Les pêcheurs indonésiens ont également décrit des passages à tabac fréquents aux mains des capitaines chinois et des membres supérieurs de l’équipage. Les travailleurs vivaient dans la misère et étaient nourris avec des aliments périmés. Ils ont souvent été forcés de travailler pendant des jours entiers, pour ensuite subir des retenues sur salaire inexpliquées et des salaires volés par des agents de placement indonésiens corrompus.

Une critique majeure du gouvernement chinois est le niveau élevé des subventions de l’État – estimé à 7,2 milliards de dollars par an ces dernières années – maintenant à flot une industrie qui autrement ne serait pas rentable.

Le ministère chinois de l’agriculture et des affaires rurales n’a pas répondu aux questions.

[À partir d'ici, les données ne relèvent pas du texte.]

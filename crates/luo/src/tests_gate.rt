// Two pieces of an audit at their gate at one time.
use crate::tests::PERMUTATIONS;
use luo_num::{Items, Text};
use luo_outside::{Gate, MemFiles, MemSink, OpenGate};
use luo_top::{Status, luo};
use std::alloc::Global;
use std::process::Abort;
use std::sync::atomic::{AtomicBool, Ordering};
use std::test::Fail;
use std::thread::Threads;

/// How often a piece looks for the other's flag at most.
const LOOKS: u32 = 100_000_000;

/// Each of two pieces raises its flag, which stays up, and then looks for the other's.
#[derive(Drop)]
struct Flags {
    first: AtomicBool,
    second: AtomicBool,
    missed: AtomicBool,
}

impl Flags {
    fn new() -> Self {
        Flags {
            first: AtomicBool::new(false),
            second: AtomicBool::new(false),
            missed: AtomicBool::new(false),
        }
    }

    fn raise_and_look(&self, mine: &AtomicBool, other: &AtomicBool) {
        mine.store(true, Ordering::SeqCst);
        for _ in 0..LOOKS {
            if other.load(Ordering::SeqCst) {
                return;
            }
        }
        self.missed.store(true, Ordering::SeqCst);
    }

    /// Both pieces passed, and no pass missed the other's flag.
    fn met(&self) -> bool {
        self.first.load(Ordering::SeqCst)
            && self.second.load(Ordering::SeqCst)
            && !self.missed.load(Ordering::SeqCst)
    }
}

impl Gate for Flags {
    fn pass(&self, piece: usize) {
        if piece == 0 {
            self.raise_and_look(&self.first, &self.second);
        } else {
            self.raise_and_look(&self.second, &self.first);
        }
    }
}

// What a run over this gate sends, where it is done.
fn written<R: Threads + Sync + Abort, G: Gate>(
    rt: &R,
    alloc: Global,
    words: &[&str],
    gate: &G,
) -> Result<MemSink, Fail> {
    let mut list = Vec::new(alloc);
    for word in words {
        list.push(String::from_str(alloc, word)?)?;
    }
    let mut held = Items::new(alloc);
    held.push((
        Text::from_slice(alloc, b"perm.adl")?,
        Text::from_slice(alloc, PERMUTATIONS)?,
    ))?;
    let mut files = MemFiles::new(held, 64, Items::new(alloc));
    let mut out = MemSink::new(alloc, 1000, Items::new(alloc), 1000)?;
    let mut err = MemSink::new(alloc, 100, Items::new(alloc), 100)?;
    let status = luo(rt, alloc, &list, &mut files, &mut out, &mut err, gate);
    assert_eq!(rt; status, Status::Done);
    assert_eq!(rt; err.taken(), b"".as_slice());
    Ok(out)
}

#[test]
fn both_pieces_of_an_audit_are_at_the_gate_at_one_time(rt: HostRuntime) -> Result<(), Fail> {
    let alloc = rt.alloc();
    let flags = Flags::new();
    let audited = written(&rt, alloc, &["audit", "perm.adl", "6", "2"], &flags)?;
    assert!(rt; flags.met());
    let analysed = written(&rt, alloc, &["analyse", "perm.adl", "6"], &OpenGate)?;
    assert_eq!(rt; audited.taken(), analysed.taken());
    Ok(())
}
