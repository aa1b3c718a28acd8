//! The program: it makes the real files and streams, and calls `luo_top::luo`.
#![tactic(auto)]

use luo_outside::{HostFiles, HostSink, OpenGate};
use luo_top::{code, luo};
use std::process::ExitCode;
use std::rt::Env;
use std::{env, io};

#[cfg(test)]
mod tests;
#[cfg(test)]
mod tests_faults;
#[cfg(test)]
mod tests_front;
#[cfg(test)]
mod tests_gate;
#[cfg(test)]
mod tests_lists;
#[cfg(test)]
mod tests_reports;

/// The exit status where the words of the command line can't be had.
const NO_WORDS: u8 = 9;

// The words of the command line without the program's name.
fn words_of<R: Env + AllocGlobal>(rt: &R) -> io::Result<Vec<String>> {
    Ok(env::args(rt)?.skip(1).collect(rt.alloc())?)
}

fn main(rt: HostRuntime) -> ExitCode {
    let alloc = rt.alloc();
    let Ok(words) = words_of(&rt) else {
        return ExitCode::from(NO_WORDS);
    };
    let mut files = HostFiles::new(&rt, alloc);
    let mut out = HostSink::new(rt.stdout());
    let mut err = HostSink::new(rt.stderr());
    let status = luo(
        &rt, alloc, &words, &mut files, &mut out, &mut err, &OpenGate,
    );
    ExitCode::from(code(status))
}
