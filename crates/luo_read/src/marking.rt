// Which labels a structure carries, by marks.
ghost use Rattle.std.specs.Prelude.{◌≡◌, ◌↔◌, IsTrue, IfOk};
ghost use Rattle.luo_model.specs.Tree.{labels_of, all_labels_of};
ghost use Rattle.luo_struct.specs.View.{tree_of, tree_list};
ghost use Rattle.luo_read.specs.inner.Marks.{mark, mark_all, AllMarked, HasTo};

use luo_num::NoMemory;
use luo_struct::Structure;
use std::alloc::Global;

// Marks a label, where it is one of those that have marks.
fn mark(marks: &mut [bool], label: u32)
    ensures { marks.new ≡ mark marks.old label }
{
    if label == 0 {
        return;
    }
    let place = label as usize - 1;
    if marks.len() <= place {
        return;
    }
    marks[place] = true;
}

// Marks the labels of a structure.
#[cycle(marks)]
fn mark_labels(marks: &mut [bool], s: &Structure)
    ensures { marks.new ≡ mark_all marks.old (labels_of (tree_of s.now)) }
{
    match s {
        Structure::Atom { label, .. } => mark(marks, *label),
        Structure::Inj { inner, .. } => mark_labels(marks, inner.get()),
        Structure::Tup { parts } => mark_parts(marks, parts.as_slice()),
        Structure::Coll { parts } => mark_parts(marks, parts.as_slice()),
    }
}

// Marks the labels of the parts.
#[cycle(marks)]
fn mark_parts(marks: &mut [bool], parts: &[Structure])
    ensures { marks.new ≡ mark_all marks.old (all_labels_of (tree_list parts.now)) }
{
    for part in parts {
        mark_labels(marks, part);
    }
}

// Whether each is marked.
fn are_marked(marks: &[bool]) -> bool
    ensures { IsTrue result ↔ AllMarked marks.now }
{
    for marked in marks {
        if !*marked {
            return false;
        }
    }
    true
}

/// Whether each number from 1 to `count` is a label of the structure.
pub(crate) fn has_each_label(alloc: Global, s: &Structure, count: usize) -> Result<bool, NoMemory>
    ensures { IfOk result (λ has. IsTrue has ↔ HasTo (tree_of s.now) count) }
{
    let mut marks = Vec::new(alloc);
    marks.resize(count, false)?;
    mark_labels(&mut marks, s);
    Ok(are_marked(&marks))
}
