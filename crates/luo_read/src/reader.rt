// How far a text is read.
ghost use Rattle.std.specs.Prelude.{◌≡◌};

use luo_num::{Items, NoMemory};
use luo_struct::Structure;
use std::alloc::AllocError;

/// What is open: a branch, or a tuple or a collection with the parts that are read.
#[derive(Debug, Drop)]
pub(crate) enum Frame {
    Branch { number: u32 },
    Tuple { parts: Items<Structure> },
    Collection { parts: Items<Structure> },
}

/// What the last bytes belong to.
#[derive(Debug, Drop)]
pub(crate) enum Stage {
    /// A structure begins at the next byte.
    Begin,
    /// The first component of a collection begins there, or the collection ends.
    First,
    /// The weight of an atom, as far as it is read.
    Weight { number: Option<u32> },
    /// The label of an atom.
    Label { number: Option<u32> },
    /// The number of a branch.
    Branch { number: u32 },
    /// A structure stands before the next byte, and isn't the inside of a branch.
    Behind { s: Structure },
}

/// A text that is read up to some byte: what is open, the innermost last, and what the last bytes belong to.
#[derive(Debug, Drop)]
pub(crate) struct Reader {
    pub(crate) frames: Items<Frame>,
    pub(crate) stage: Stage,
}

/// Why a byte isn't read.
#[derive(Clone, Copy, Debug, PartialEq, Eq)]
pub(crate) enum Stop {
    /// It continues no text of a structure.
    Unreadable,
    /// It opens something beyond the limit.
    Deep,
    NoMemory,
}

impl From<NoMemory> for Stop {
    ghost use Rattle.luo_read.specs.declared.reader.Stop.TheVariants.{NoMemory};

    ghost from_gives = { λ _ e. e ≡ NoMemory };

    fn from(_: NoMemory) -> Self {
        Stop::NoMemory
    }
}

impl From<AllocError> for Stop {
    ghost use Rattle.luo_read.specs.declared.reader.Stop.TheVariants.{NoMemory};

    ghost from_gives = { λ _ e. e ≡ NoMemory };

    fn from(_: AllocError) -> Self {
        Stop::NoMemory
    }
}
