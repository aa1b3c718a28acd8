// What no contract of the crates below says: messages, that a sink is given all that is left, and what threads may share.
use luo_num::{Items, NoMemory, Text};
use luo_outside::{Gate, MemSink, OpenGate, ReadError, Sink, send};
use luo_scan::ScanError;
use luo_syntax::SyntaxError;
use std::test::Fail;

#[test]
fn errors_show_their_names(rt: HostRuntime) -> Result<(), Fail> {
    let alloc = rt.alloc();
    let shown = [
        (ReadError::ReadFault.to_string(alloc)?, "ReadFault"),
        (ReadError::TooLong.to_string(alloc)?, "TooLong"),
        (ReadError::NoMemory.to_string(alloc)?, "NoMemory"),
        (ScanError::BadByte { at: 1 }.to_string(alloc)?, "BadByte"),
        (
            ScanError::NameLimit { at: 1 }.to_string(alloc)?,
            "NameLimit",
        ),
        (
            ScanError::NumberLimit { at: 1 }.to_string(alloc)?,
            "NumberLimit",
        ),
        (ScanError::NoMemory.to_string(alloc)?, "NoMemory"),
        (
            SyntaxError::Grammar { token: 1 }.to_string(alloc)?,
            "Grammar",
        ),
        (SyntaxError::Depth { token: 1 }.to_string(alloc)?, "Depth"),
        (SyntaxError::NoMemory.to_string(alloc)?, "NoMemory"),
    ];
    for (message, name) in &shown {
        assert_eq!(rt; message.as_str(), *name);
    }
    Ok(())
}

// The second write of each sink fails, so a text comes whole only where one write is given all of it.
#[test]
fn one_write_is_given_all_that_is_left(rt: HostRuntime) -> Result<(), Fail> {
    let alloc = rt.alloc();
    let mut sink = MemSink::new(alloc, 99, Items::from_slice(alloc, &[1])?, 5)?;
    assert_eq!(rt; send(&mut sink, b""), Ok(()));
    assert_eq!(rt; send(&mut sink, b"hello"), Ok(()));
    assert_eq!(rt; sink.taken(), b"hello".as_slice());
    assert!(rt; sink.write(b"a").is_err());
    assert!(rt; sink.write(b"no room").is_err());
    Ok(())
}

// Holds of a type whose values may be handed to other threads and shared by them.
fn shared<T: Send + Sync>() {}

#[test]
fn threads_may_share_these(_rt: HostRuntime) {
    shared::<Text>();
    shared::<Items<Text>>();
    shared::<NoMemory>();
    shared::<ReadError>();
    shared::<OpenGate>();
    OpenGate.pass(3);
}
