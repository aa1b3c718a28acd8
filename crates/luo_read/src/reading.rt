// Structures of a node, read from their texts.
ghost use Rattle.std.specs.Prelude.{◌≡◌, ◌<◌, ◌^◌, ◌-◌, ◌↔◌, IsTrue, IfOk, IfErr, MatchResult, length};
ghost use Rattle.luo_model.specs.Invariant.{IsProgram};
ghost use Rattle.luo_model.specs.Structures.{IsStructure};
ghost use Rattle.luo_model.specs.Tree.{Tree, size_of};
ghost use Rattle.luo_model.specs.View.{plain_of};
ghost use Rattle.luo_struct.specs.View.{tree_of};
ghost use Rattle.luo_read.specs.declared.answers.StructError.{StructError};
ghost use Rattle.luo_read.specs.Reading.{Reads, Refusal, Refuses, WantsMemory, Answers};
ghost use Rattle.luo_read.specs.inner.Readers.{IsRead, Stops, stopped_as};

use crate::StructError;
use crate::marking::has_each_label;
use crate::reader::{Reader, Stage, Stop};
use crate::steps::{finished, step};
use luo_model::{Program, Universe};
use luo_num::limits::{STRUCTURE_SIZE_LIMIT, STRUCTURE_TEXT_LIMIT};
use luo_num::{Items, NoMemory};
use luo_struct::{Structure, member};
use std::alloc::Global;

// The answer where reading stops at a byte.
fn stopped(stop: Stop, at: usize) -> StructError
    ensures { result ≡ stopped_as stop at }
{
    match stop {
        Stop::Unreadable => StructError::S1 { at },
        Stop::Deep => StructError::Deep { at },
        Stop::NoMemory => StructError::NoMemory,
    }
}

// The structure of a text, where it is one of a structure and nests within the limit.
fn read_text(alloc: Global, text: &[u8]) -> Result<Structure, StructError>
    ensures { MatchResult result (λ s. IsRead text.now (tree_of s)) (Stops text.now) }
{
    let mut reader = Reader {
        frames: Items::new(alloc),
        stage: Stage::Begin,
    };
    for (at, byte) in text.iter().enumerate() {
        match step(alloc, reader, *byte) {
            Ok(next) => reader = next,
            Err(stop) => return Err(stopped(stop, at)),
        }
    }
    match finished(alloc, reader) {
        Ok(s) => Ok(s),
        Err(stop) => Err(stopped(stop, text.len())),
    }
}

// Whether the structure is one of the node, with what its caller needs to know of the program.
fn is_structure(
    alloc: Global,
    program: &Program,
    node: usize,
    s: &Structure,
) -> Result<bool, NoMemory>
    requires small { size_of (tree_of s.now) < 2 ^ 64 - 1 }
    ensures of_program { IsProgram (plain_of program.now) }
    ensures is { IfOk result (λ is. IsTrue is ↔ IsStructure (plain_of program.now) node
        (size_of (tree_of s.now)) (tree_of s.now)) }
{
    let universe = program.universe;
    if !member(program, node, s) {
        return Ok(false);
    }
    match universe {
        Universe::Unlabelled => Ok(true),
        Universe::Labelled => has_each_label(alloc, s, s.size() as usize),
    }
}

/// The structure of the node that has this text. The errors come in the order of their variants, and of `S1` and
/// `Deep` the one at the lesser byte.
pub fn read_structure(
    alloc: Global,
    program: &Program,
    node: usize,
    text: &[u8],
) -> Result<Structure, StructError>
    requires there { node < length program.now.nodes }
    ensures ok { IfOk result (λ s. Reads (plain_of program.now) node text.now (tree_of s)) }
    ensures err { IfErr result (Refuses (plain_of program.now) node text.now) }
    ensures always { (t : Tree) → Reads (plain_of program.now) node text.now t
        → MatchResult result (λ s. tree_of s ≡ t) WantsMemory }
    ensures first { (e : StructError) → Refusal (plain_of program.now) node text.now e
        → MatchResult result (λ _. ⊥) (Answers e) }
{
    if text.len() > STRUCTURE_TEXT_LIMIT {
        return Err(StructError::Long { len: text.len() });
    }
    let s = read_text(alloc, text)?;
    if !is_structure(alloc, program, node, &s)? {
        return Err(StructError::S2);
    }
    let size = s.size();
    if size > STRUCTURE_SIZE_LIMIT {
        return Err(StructError::S3 { size });
    }
    Ok(s)
}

Steve Trent, fondateur et directeur général de l’EJF, a appelé à une pression internationale sur Pékin et sur les décideurs politiques et les entreprises pour réformer la gouvernance mondiale de la pêche et améliorer la transparence des prises mondiales.

« Il ne s’agit pas d’une géographie ou d’une juridiction, mais de plusieurs, principalement dans le monde en développement. Il ne s’agit pas d’un seul navire, mais de nombreux navires, bien souvent la majorité, qui pêchent illégalement, qui ont clairement documenté des violations des droits de l’homme et qui déguisent la véritable nature de leurs opérations », a déclaré Trent.

Selon le rapport de l’EJF, les problèmes sont parmi les plus aigus en Afrique de l’Ouest, où les chalutiers chinois capturent environ 2,35 millions de tonnes de poisson, d’une valeur supérieure à 5 milliards de dollars, chaque année.

«Ce sont d’énormes sommes d’argent qui peuvent être mal payées. Les personnes touchées, comme c’est si souvent le cas, sont principalement les communautés côtières pauvres », a déclaré Trent. “Quand le poisson est parti, ils n’ont pas d’autres moyens de subsistance, il n’y a pas d’autre moyen de nourrir leurs familles.”

Les militants ont déclaré que l’attention mondiale sur les crises environnementales avait diminué alors que les gouvernements et les consommateurs étaient plus préoccupés par la guerre en Ukraine et les effets de la crise des coronavirus.

“L’humanité a un intérêt commun à faire face à cela, mais semble réticente ou incapable de le faire”, a déclaré Trent.